[Data records]
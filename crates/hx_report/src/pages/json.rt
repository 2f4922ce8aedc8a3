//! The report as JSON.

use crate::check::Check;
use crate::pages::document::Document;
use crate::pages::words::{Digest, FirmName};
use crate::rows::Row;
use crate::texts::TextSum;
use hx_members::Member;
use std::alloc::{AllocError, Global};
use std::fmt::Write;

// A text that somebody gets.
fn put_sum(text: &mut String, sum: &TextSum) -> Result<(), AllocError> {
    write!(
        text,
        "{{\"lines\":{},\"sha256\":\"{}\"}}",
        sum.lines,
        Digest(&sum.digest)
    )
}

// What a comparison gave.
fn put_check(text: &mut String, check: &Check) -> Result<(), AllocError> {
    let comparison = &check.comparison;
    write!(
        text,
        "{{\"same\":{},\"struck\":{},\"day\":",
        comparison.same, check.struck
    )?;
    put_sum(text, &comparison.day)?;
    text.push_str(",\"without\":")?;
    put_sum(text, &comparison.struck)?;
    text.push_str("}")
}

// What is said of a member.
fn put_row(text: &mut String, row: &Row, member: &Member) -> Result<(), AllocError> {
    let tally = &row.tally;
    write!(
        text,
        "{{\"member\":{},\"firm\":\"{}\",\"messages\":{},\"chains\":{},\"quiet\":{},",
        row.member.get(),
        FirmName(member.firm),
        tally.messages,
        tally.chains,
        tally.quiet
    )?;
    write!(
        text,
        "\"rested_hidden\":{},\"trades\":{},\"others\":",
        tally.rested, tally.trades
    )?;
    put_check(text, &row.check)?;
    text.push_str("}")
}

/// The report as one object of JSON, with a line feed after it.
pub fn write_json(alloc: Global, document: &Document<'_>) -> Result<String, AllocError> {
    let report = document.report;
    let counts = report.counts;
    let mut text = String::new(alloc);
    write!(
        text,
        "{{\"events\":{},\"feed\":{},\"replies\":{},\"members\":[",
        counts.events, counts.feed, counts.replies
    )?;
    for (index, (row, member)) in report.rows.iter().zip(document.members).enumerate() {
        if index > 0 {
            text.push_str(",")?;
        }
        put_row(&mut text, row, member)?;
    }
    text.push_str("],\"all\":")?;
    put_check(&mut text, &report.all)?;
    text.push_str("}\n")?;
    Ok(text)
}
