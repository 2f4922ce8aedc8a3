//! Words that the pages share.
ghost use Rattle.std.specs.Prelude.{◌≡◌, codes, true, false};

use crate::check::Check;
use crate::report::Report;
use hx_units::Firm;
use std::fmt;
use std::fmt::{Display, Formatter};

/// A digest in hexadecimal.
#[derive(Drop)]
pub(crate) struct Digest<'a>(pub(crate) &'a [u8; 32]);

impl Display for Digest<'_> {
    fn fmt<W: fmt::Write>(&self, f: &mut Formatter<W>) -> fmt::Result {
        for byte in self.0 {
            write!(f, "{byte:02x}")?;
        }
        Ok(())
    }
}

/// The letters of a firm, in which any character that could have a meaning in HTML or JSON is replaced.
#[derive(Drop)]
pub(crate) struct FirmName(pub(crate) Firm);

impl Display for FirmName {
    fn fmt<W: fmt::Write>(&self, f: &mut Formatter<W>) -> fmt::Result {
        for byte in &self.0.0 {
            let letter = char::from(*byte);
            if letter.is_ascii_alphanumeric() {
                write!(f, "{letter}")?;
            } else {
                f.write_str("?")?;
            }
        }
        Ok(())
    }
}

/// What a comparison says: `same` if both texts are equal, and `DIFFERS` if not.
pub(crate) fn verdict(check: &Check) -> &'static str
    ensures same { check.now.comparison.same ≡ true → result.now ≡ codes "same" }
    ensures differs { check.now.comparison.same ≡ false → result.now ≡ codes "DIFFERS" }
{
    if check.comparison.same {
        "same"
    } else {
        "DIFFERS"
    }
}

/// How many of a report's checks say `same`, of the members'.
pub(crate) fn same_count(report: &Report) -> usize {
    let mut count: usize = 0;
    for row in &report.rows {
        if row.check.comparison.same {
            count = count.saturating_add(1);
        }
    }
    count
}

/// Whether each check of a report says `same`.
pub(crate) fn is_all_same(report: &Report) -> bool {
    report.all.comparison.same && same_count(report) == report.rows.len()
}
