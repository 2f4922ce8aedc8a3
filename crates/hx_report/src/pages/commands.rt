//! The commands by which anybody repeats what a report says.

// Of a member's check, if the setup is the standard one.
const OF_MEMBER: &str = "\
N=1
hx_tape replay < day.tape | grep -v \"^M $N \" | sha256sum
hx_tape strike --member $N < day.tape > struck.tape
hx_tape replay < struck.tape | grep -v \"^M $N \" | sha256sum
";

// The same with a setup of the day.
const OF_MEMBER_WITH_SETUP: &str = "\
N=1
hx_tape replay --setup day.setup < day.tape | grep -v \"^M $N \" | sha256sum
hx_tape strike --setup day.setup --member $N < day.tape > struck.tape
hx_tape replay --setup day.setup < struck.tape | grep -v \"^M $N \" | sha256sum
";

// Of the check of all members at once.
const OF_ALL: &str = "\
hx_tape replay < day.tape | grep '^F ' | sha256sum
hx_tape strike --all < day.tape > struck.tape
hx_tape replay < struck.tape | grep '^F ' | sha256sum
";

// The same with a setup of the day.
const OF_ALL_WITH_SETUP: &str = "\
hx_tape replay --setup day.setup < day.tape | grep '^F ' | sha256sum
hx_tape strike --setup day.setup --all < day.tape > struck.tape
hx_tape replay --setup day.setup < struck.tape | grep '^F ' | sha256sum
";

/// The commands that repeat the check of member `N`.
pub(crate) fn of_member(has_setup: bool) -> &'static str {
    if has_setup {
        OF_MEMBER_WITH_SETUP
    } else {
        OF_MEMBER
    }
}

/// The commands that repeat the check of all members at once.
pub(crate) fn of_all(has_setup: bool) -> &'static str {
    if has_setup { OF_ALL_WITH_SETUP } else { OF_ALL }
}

TASK STATEMENT: Go through the entries and copy every line with "TextSum".

SOLUTION FOR THIS EXERCISE:
use crate::texts::TextSum;
fn put_sum(text: &mut String, sum: &TextSum) -> Result<(), AllocError> {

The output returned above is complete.